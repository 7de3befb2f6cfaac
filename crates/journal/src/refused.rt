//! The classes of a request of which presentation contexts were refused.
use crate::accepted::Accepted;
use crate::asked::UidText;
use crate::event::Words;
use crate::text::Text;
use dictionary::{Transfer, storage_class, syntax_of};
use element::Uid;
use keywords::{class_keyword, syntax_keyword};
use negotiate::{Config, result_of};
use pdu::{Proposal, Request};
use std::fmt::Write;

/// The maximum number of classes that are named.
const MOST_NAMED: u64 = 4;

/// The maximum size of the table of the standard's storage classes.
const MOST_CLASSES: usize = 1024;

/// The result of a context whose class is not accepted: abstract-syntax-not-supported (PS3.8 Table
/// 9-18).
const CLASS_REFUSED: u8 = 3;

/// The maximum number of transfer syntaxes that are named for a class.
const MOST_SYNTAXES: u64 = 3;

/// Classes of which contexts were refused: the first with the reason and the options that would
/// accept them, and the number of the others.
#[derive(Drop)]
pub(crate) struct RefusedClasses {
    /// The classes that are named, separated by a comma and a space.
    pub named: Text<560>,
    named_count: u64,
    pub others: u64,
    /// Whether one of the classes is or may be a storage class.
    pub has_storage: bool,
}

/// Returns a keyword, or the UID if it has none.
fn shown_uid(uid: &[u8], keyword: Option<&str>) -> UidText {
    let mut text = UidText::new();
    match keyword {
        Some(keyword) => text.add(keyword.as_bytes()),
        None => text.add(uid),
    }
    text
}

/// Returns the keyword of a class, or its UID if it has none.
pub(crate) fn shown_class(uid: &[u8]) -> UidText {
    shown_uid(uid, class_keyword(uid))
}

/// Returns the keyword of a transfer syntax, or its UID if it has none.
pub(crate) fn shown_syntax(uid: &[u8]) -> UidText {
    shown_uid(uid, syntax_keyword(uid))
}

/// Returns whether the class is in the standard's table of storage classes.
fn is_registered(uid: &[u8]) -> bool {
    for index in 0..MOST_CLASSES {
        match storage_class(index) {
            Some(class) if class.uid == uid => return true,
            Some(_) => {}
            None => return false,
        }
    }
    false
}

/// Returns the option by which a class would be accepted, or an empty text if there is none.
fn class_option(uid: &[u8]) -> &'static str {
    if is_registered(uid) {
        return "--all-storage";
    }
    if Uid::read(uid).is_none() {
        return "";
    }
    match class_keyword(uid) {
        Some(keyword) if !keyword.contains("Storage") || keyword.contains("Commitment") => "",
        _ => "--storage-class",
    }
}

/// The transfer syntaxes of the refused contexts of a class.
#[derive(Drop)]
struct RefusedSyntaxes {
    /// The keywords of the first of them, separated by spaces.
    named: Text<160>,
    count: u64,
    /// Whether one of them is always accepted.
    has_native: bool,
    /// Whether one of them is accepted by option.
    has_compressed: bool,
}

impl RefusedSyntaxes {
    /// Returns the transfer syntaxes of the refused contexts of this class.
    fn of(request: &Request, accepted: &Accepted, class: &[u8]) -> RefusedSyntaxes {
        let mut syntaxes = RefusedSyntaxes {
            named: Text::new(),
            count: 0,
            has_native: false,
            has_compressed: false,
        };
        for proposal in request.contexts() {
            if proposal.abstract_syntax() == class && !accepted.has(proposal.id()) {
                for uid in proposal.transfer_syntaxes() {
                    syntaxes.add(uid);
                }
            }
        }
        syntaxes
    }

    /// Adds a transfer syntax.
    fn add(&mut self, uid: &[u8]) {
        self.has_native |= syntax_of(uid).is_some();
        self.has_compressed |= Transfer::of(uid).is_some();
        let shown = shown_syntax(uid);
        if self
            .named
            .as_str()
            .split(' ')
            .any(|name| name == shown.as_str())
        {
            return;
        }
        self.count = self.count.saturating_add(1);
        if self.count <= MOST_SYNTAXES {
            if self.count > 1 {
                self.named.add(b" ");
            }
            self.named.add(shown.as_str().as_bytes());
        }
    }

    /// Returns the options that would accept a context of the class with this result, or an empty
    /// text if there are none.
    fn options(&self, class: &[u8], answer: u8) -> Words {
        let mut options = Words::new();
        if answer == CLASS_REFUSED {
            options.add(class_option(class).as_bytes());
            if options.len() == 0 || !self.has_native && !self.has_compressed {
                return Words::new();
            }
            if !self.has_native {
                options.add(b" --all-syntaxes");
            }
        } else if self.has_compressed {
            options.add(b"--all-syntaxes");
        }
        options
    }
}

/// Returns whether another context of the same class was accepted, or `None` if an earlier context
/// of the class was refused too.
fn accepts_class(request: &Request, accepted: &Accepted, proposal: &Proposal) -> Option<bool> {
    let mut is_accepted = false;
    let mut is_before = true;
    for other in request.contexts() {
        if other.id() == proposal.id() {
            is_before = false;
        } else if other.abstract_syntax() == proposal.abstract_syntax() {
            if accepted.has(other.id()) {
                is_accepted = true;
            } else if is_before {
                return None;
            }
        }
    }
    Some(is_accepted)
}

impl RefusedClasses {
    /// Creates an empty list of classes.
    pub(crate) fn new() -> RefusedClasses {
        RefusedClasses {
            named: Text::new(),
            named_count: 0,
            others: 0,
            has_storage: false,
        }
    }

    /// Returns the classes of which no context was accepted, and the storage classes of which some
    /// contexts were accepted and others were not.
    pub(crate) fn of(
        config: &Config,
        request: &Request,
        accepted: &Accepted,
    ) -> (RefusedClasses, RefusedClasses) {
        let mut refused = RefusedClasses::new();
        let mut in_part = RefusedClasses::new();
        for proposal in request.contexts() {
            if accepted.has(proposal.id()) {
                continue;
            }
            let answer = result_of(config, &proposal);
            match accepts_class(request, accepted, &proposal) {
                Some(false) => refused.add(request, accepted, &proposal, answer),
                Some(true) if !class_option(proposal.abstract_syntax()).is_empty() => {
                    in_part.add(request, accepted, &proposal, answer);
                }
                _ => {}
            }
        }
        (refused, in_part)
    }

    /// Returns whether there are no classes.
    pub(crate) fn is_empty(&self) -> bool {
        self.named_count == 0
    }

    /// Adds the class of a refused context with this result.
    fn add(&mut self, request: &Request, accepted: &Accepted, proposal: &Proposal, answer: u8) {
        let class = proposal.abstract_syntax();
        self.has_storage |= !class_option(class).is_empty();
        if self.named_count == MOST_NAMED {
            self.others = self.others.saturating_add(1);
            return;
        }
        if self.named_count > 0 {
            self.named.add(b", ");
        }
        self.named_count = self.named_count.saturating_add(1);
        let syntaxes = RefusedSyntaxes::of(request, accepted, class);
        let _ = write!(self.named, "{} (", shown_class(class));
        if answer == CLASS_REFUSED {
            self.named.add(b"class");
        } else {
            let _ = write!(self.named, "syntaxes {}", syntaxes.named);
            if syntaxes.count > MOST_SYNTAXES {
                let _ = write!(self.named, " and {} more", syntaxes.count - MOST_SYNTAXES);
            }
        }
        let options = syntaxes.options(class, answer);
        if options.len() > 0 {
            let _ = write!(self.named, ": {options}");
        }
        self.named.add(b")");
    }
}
···
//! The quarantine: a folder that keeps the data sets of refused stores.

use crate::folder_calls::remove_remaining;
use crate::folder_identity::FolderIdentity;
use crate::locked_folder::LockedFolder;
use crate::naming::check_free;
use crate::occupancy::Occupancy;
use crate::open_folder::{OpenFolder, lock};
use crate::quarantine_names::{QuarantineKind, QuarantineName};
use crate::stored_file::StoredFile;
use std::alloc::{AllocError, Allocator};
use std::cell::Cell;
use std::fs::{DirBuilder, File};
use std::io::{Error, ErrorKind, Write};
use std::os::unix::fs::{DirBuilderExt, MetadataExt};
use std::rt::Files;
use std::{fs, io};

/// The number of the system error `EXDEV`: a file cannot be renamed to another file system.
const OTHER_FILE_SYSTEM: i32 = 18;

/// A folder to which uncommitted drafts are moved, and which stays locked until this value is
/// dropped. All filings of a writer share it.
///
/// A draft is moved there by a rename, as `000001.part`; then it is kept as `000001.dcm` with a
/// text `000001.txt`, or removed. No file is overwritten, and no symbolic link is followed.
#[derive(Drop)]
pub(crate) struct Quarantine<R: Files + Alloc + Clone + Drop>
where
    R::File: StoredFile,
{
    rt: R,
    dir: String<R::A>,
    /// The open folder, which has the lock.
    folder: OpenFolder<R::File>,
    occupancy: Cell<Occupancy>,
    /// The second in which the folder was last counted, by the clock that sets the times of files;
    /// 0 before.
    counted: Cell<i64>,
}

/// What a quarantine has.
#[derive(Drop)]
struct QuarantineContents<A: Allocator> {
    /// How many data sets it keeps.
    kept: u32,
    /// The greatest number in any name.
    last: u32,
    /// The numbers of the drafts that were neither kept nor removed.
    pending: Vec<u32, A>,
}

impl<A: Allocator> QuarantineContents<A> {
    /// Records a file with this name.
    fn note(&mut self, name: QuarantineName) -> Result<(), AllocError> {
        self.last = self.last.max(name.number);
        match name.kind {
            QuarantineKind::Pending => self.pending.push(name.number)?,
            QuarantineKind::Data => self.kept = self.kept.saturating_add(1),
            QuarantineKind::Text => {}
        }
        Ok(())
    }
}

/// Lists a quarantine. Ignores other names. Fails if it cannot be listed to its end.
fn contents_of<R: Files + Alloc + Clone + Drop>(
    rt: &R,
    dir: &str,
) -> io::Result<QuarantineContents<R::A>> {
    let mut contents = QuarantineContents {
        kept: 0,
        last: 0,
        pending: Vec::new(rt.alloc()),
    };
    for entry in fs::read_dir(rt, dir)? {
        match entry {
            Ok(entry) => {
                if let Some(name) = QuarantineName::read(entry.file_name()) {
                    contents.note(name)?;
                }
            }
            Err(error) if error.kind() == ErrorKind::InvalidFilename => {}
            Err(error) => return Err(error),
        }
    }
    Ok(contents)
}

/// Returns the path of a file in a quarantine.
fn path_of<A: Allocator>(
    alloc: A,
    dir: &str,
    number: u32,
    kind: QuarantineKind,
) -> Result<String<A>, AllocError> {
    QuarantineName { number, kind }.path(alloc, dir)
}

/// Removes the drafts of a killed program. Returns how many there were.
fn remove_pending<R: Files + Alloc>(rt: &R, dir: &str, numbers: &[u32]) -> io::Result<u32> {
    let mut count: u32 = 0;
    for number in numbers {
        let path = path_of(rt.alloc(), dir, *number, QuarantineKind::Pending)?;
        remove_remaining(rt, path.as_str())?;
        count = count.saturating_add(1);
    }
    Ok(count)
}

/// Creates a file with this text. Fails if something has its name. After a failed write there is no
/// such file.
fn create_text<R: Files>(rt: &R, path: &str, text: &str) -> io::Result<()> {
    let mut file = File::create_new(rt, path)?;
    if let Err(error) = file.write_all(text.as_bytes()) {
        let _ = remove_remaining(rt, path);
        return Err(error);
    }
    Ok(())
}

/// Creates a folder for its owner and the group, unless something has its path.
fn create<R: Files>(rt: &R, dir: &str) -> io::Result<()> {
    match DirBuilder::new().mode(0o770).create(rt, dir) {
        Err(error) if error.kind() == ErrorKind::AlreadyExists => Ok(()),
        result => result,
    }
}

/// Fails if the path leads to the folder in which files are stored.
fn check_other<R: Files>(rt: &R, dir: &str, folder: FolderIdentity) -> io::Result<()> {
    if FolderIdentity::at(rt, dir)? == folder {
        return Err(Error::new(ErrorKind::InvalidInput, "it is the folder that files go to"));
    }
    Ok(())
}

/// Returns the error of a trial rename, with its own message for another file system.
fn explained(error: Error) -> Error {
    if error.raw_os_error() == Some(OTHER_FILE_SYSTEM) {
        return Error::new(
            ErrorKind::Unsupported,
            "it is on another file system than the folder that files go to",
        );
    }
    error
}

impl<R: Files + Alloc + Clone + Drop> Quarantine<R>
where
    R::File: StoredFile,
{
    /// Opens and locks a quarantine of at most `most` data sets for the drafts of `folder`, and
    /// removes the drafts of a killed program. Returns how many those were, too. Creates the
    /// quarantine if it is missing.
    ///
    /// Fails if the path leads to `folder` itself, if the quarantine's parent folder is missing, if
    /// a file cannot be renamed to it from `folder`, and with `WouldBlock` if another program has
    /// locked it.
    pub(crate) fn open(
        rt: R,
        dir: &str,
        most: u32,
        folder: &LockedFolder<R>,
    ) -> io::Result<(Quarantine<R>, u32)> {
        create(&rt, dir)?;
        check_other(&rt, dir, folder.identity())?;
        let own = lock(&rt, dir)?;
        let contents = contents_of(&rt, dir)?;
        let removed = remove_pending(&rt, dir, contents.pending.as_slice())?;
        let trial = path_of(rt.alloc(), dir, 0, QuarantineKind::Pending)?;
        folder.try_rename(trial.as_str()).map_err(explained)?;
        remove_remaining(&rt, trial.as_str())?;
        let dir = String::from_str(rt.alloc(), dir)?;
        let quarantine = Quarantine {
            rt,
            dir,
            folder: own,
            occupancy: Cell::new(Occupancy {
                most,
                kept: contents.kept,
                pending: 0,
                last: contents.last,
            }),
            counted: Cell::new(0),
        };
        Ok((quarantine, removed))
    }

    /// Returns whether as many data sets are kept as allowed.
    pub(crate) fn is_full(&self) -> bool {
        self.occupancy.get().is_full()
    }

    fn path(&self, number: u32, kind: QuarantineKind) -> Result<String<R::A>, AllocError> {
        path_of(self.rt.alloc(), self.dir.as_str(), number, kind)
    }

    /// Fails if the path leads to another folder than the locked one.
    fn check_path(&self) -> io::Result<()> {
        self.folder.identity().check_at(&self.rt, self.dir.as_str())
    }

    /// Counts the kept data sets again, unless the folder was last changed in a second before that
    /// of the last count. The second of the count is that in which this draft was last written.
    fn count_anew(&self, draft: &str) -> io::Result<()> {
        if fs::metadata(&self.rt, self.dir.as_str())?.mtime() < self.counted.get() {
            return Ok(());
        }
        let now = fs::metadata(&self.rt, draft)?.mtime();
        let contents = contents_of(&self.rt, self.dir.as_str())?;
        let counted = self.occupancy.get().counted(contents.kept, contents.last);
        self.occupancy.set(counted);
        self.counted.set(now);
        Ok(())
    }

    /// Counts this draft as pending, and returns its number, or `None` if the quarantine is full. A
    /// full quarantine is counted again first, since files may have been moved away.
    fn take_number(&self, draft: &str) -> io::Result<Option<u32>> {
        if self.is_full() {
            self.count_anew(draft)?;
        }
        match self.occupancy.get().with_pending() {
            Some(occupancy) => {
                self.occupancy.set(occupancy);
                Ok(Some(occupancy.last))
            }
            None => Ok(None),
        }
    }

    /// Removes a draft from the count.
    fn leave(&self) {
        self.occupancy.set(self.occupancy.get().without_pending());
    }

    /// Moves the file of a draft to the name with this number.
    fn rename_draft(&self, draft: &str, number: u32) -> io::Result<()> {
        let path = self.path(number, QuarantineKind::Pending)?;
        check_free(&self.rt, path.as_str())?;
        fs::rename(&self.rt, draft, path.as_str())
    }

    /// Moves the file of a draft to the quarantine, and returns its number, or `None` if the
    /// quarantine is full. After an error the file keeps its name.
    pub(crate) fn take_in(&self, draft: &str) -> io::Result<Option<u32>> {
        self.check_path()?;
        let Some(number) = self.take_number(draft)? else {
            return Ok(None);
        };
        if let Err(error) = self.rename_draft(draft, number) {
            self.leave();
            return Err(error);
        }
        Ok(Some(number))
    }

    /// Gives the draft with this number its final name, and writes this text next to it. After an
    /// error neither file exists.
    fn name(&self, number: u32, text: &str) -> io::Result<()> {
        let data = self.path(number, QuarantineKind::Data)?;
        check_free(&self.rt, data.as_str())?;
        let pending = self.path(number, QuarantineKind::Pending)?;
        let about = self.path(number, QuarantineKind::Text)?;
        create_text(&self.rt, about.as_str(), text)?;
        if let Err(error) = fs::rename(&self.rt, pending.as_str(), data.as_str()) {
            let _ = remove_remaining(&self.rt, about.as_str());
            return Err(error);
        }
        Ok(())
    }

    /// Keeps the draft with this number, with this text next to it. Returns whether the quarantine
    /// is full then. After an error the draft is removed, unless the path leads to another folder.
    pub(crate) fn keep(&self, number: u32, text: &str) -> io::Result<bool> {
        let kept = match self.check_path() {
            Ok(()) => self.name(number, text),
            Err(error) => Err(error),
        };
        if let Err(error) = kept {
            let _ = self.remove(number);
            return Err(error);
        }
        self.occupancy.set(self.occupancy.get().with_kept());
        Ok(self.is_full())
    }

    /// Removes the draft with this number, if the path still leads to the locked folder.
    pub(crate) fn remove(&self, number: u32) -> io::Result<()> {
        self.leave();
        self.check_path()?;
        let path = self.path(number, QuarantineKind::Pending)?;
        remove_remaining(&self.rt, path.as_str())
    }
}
···
Task statement
All that should be written out is the stretch of lines above between the one holding "repository 7de3befb2f6cfaac" and the one holding "const MOST_CLASSES: usize = 1024;", inclusive, exactly as given.

Answer to this problem
repository 7de3befb2f6cfaac
filename crates/journal/src/refused.rt
//! The classes of a request of which presentation contexts were refused.
use crate::accepted::Accepted;
use crate::asked::UidText;
use crate::event::Words;
use crate::text::Text;
use dictionary::{Transfer, storage_class, syntax_of};
use element::Uid;
use keywords::{class_keyword, syntax_keyword};
use negotiate::{Config, result_of};
use pdu::{Proposal, Request};
use std::fmt::Write;

/// The maximum number of classes that are named.
const MOST_NAMED: u64 = 4;

/// The maximum size of the table of the standard's storage classes.
const MOST_CLASSES: usize = 1024;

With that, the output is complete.